Write out each line of the records that has "else" in it.

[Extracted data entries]
══════

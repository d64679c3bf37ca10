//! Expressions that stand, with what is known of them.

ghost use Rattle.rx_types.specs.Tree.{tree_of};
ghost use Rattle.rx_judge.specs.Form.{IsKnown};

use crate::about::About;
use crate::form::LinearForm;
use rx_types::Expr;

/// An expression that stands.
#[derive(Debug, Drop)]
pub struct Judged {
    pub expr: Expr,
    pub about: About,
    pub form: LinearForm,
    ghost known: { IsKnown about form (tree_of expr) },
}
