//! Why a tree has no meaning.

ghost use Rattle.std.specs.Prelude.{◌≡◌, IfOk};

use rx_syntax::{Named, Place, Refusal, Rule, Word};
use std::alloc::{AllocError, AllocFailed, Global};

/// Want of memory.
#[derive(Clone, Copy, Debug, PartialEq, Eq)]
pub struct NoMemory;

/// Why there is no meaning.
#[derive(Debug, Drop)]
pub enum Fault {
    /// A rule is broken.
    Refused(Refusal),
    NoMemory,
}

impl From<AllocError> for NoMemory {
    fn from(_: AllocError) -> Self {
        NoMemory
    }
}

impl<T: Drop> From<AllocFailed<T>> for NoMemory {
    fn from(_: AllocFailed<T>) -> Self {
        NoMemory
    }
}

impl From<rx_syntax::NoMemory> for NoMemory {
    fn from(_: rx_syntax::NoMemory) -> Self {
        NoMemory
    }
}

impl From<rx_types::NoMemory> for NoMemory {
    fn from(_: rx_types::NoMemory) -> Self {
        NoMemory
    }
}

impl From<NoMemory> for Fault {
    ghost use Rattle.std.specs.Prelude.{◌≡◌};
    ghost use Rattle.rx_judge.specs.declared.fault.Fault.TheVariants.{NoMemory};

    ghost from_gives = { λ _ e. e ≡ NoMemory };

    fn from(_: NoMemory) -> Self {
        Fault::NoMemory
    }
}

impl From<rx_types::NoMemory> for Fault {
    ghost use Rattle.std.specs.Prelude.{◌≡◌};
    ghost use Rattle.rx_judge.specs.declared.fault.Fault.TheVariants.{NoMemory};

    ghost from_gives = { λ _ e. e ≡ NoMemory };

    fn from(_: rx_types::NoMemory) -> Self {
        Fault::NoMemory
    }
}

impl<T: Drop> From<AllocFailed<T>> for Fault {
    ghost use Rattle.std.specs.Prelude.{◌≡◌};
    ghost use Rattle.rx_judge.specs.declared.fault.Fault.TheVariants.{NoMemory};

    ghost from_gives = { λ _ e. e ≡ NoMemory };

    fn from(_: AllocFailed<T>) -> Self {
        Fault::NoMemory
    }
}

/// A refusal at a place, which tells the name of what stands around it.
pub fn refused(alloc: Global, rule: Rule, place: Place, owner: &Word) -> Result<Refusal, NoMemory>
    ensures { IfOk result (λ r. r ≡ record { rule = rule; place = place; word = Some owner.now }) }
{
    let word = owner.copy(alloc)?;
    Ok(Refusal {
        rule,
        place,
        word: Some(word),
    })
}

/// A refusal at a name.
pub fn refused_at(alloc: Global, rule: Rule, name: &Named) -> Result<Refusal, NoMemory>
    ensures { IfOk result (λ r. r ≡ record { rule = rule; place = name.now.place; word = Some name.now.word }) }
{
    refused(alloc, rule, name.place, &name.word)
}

══════

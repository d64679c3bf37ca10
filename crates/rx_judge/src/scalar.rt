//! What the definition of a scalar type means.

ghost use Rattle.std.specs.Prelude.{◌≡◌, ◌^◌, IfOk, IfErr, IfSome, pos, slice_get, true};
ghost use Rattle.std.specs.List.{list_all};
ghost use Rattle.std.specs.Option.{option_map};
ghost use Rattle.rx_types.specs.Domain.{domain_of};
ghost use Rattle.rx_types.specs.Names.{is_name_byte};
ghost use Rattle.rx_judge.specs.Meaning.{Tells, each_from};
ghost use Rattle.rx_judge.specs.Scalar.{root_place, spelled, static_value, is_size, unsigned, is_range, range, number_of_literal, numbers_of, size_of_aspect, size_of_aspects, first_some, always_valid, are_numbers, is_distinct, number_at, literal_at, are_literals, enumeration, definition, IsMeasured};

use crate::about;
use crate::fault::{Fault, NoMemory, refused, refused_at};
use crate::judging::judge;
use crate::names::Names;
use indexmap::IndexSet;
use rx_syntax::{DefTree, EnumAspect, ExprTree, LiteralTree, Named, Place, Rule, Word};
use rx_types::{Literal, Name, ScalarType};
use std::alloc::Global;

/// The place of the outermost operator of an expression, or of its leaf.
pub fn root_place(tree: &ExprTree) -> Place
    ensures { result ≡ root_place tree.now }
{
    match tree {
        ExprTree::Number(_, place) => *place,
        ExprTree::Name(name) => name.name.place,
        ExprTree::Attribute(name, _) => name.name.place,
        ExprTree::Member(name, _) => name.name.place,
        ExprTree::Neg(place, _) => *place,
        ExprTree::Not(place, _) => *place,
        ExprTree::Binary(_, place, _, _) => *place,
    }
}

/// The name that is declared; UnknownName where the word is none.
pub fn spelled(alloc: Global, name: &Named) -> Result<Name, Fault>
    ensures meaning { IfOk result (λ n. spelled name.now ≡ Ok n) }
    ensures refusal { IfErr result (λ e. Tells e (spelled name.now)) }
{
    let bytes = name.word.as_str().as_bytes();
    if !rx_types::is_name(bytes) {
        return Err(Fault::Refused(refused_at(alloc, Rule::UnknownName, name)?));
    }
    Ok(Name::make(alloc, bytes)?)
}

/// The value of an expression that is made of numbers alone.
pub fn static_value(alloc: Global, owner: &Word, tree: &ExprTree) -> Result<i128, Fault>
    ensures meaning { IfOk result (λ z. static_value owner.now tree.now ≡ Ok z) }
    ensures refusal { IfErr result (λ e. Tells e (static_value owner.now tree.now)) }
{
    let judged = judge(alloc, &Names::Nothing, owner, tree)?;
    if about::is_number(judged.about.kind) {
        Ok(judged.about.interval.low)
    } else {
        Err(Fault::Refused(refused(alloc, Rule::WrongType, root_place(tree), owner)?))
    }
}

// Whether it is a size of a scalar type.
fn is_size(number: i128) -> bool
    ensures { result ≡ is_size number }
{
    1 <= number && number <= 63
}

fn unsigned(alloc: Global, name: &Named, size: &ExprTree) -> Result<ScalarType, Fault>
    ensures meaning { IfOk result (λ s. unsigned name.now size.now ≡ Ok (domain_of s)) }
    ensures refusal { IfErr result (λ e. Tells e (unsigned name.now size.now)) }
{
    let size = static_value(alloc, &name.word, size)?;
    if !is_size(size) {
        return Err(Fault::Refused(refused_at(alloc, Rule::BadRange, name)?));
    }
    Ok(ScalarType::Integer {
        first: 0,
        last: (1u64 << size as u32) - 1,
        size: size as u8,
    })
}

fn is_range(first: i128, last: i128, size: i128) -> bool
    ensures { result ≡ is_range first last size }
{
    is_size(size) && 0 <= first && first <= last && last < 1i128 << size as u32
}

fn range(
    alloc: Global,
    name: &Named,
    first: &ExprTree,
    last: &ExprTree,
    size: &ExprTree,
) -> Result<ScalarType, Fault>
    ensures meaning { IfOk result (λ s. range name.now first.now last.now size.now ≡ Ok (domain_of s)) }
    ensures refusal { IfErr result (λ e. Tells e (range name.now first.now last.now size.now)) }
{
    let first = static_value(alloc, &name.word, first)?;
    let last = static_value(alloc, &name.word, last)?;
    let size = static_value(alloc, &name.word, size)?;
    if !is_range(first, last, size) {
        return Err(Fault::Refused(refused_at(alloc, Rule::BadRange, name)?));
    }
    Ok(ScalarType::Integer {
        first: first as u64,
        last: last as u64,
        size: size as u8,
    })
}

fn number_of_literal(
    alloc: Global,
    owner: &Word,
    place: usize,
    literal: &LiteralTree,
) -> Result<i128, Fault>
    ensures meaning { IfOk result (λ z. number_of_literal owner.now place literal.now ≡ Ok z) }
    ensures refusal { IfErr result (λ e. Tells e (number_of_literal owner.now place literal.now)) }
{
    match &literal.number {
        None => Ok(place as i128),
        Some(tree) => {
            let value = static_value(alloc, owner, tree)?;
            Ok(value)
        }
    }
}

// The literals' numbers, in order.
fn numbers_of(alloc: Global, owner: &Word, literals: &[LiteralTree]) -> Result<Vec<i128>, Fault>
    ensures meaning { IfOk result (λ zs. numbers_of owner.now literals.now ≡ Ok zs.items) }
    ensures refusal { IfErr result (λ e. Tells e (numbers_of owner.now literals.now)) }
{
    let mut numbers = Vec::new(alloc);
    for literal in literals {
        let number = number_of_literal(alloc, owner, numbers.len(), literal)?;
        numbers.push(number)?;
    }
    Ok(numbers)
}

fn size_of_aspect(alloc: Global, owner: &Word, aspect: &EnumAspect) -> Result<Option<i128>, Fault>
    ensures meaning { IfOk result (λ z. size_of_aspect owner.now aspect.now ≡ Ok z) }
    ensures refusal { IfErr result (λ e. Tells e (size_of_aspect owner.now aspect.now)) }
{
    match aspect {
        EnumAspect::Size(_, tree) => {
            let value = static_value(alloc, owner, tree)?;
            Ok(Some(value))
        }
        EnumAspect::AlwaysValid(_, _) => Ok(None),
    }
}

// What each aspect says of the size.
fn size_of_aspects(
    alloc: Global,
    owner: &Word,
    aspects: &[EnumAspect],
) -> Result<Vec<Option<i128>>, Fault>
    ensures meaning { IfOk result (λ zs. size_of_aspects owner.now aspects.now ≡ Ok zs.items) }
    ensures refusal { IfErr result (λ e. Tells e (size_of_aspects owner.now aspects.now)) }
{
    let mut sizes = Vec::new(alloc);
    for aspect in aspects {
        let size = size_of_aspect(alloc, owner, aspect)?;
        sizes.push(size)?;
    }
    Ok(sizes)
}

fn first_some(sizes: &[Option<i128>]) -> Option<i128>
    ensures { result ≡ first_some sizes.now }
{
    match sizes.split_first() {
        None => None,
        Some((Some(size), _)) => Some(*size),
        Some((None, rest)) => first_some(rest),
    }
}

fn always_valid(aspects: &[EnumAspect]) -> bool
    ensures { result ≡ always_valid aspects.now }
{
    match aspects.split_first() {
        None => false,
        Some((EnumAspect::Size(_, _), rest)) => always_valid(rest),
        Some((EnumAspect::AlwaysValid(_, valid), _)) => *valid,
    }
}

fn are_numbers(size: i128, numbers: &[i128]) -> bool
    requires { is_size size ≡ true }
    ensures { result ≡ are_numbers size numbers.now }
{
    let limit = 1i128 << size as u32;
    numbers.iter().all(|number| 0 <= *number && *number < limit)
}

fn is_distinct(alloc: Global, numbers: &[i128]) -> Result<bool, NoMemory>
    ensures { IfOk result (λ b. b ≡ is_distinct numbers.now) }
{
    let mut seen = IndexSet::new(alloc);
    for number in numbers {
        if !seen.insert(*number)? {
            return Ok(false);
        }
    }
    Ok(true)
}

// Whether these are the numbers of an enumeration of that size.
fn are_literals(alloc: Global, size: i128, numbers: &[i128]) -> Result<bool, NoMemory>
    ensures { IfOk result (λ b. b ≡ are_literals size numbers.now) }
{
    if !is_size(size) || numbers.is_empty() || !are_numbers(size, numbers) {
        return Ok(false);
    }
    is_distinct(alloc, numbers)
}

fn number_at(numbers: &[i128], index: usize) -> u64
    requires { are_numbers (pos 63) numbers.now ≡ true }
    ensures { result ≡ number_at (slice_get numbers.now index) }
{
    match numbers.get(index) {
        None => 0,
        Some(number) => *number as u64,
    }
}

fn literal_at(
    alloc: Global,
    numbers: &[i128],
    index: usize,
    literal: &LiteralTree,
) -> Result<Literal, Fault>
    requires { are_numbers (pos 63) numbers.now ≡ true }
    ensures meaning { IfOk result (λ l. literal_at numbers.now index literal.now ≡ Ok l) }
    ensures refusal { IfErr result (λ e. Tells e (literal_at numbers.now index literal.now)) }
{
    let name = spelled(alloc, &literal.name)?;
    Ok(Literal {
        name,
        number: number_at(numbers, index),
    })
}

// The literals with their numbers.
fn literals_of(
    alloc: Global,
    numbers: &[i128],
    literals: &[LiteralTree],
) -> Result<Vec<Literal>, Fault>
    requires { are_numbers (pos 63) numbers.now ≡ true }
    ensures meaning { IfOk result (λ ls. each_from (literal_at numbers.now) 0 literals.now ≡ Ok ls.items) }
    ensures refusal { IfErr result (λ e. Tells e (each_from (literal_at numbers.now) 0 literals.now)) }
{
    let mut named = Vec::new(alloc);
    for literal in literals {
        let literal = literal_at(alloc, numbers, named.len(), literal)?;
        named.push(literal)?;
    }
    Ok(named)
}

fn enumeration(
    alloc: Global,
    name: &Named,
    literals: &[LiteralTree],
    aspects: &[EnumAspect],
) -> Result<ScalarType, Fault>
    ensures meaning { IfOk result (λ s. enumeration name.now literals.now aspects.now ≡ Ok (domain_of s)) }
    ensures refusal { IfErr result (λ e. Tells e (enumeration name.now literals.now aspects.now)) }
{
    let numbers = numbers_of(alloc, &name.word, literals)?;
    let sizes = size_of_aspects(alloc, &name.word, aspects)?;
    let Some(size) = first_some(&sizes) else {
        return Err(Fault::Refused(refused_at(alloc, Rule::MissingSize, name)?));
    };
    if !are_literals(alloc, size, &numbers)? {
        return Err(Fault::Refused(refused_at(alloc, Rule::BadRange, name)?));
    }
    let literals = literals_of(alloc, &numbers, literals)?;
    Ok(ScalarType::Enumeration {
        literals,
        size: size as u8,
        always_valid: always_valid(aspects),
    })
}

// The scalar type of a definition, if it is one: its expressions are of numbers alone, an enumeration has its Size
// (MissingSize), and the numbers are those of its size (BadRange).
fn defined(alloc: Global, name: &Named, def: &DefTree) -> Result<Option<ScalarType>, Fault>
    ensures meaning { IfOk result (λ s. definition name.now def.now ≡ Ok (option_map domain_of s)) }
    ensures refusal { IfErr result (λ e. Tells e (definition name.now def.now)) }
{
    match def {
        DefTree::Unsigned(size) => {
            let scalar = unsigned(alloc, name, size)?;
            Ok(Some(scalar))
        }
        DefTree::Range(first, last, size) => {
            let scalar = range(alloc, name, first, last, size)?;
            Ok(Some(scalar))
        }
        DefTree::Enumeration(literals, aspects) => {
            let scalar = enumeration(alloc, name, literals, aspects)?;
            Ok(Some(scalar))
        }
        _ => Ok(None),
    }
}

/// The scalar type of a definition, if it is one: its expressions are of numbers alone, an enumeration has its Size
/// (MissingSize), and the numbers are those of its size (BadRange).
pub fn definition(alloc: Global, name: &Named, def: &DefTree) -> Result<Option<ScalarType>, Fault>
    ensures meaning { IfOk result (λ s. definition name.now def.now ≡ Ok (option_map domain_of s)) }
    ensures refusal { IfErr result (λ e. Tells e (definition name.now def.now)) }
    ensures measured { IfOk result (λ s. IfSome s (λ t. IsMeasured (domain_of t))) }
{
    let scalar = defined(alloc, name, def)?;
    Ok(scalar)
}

══════

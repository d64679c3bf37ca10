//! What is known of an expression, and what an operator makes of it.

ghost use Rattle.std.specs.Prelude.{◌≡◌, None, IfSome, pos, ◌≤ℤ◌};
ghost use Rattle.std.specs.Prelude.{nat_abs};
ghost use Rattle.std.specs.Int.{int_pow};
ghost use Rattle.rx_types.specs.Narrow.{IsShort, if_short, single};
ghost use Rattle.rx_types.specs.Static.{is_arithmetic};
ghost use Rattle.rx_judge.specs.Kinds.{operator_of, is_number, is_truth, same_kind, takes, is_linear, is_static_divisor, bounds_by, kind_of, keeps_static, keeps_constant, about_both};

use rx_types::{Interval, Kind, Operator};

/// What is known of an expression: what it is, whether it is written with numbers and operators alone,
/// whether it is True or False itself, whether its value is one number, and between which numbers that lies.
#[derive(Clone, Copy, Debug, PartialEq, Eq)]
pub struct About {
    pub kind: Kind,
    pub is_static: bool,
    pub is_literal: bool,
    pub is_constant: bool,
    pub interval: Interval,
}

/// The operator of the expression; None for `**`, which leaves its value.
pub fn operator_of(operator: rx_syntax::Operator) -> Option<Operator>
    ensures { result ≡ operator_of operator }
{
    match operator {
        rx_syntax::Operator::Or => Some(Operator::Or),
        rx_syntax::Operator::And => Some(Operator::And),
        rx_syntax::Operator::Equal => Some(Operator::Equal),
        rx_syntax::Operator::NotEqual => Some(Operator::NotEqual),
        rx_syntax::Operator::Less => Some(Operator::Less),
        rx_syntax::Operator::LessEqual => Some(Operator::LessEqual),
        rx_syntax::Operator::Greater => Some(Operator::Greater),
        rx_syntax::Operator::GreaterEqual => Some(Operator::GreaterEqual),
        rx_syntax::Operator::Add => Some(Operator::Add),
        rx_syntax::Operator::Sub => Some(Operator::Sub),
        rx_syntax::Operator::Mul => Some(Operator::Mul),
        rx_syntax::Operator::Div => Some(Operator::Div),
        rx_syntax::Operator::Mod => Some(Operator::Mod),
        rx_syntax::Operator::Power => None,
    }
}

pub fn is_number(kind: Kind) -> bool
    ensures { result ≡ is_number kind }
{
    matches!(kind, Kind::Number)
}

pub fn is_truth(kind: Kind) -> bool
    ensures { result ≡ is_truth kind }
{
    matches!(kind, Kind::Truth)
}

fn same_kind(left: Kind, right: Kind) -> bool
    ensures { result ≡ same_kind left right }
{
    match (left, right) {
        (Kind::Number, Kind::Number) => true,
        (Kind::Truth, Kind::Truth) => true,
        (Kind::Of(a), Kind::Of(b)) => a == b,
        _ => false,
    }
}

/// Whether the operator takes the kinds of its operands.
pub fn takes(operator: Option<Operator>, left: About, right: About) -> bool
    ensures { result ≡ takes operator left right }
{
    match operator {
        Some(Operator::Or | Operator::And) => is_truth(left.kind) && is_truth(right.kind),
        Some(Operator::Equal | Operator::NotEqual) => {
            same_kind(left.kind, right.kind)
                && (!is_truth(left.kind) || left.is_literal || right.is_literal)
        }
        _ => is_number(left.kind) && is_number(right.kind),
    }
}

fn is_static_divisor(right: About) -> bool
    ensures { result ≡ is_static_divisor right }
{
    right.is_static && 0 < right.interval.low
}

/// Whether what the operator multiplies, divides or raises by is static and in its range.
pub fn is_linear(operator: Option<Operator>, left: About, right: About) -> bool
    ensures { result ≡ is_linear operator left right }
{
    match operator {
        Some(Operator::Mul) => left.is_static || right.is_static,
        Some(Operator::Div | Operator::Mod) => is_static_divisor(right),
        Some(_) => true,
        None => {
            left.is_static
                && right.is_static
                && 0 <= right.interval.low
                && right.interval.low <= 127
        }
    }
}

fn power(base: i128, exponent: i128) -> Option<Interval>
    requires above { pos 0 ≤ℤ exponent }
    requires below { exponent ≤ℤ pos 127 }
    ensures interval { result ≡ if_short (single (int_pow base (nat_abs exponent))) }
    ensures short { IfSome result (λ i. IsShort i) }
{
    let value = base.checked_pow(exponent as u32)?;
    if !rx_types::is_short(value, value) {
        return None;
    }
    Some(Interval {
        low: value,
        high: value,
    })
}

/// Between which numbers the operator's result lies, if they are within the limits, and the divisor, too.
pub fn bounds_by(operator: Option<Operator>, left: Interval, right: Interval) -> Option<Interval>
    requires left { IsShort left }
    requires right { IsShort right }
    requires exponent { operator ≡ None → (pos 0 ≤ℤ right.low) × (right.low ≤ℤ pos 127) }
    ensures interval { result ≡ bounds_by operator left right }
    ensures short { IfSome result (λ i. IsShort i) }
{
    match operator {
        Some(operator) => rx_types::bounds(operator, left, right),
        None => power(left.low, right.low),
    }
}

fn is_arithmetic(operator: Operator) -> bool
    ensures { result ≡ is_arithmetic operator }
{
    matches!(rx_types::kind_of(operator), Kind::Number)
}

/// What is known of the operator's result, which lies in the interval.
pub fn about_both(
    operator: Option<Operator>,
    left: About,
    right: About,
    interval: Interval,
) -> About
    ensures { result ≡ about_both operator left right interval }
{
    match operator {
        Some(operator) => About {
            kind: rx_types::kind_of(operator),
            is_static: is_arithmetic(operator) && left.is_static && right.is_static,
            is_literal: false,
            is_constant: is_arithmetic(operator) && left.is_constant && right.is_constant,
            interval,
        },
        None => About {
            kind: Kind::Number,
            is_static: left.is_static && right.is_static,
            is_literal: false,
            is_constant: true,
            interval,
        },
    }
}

══════

Task result:
    } else {
    let Some(size) = first_some(&sizes) else {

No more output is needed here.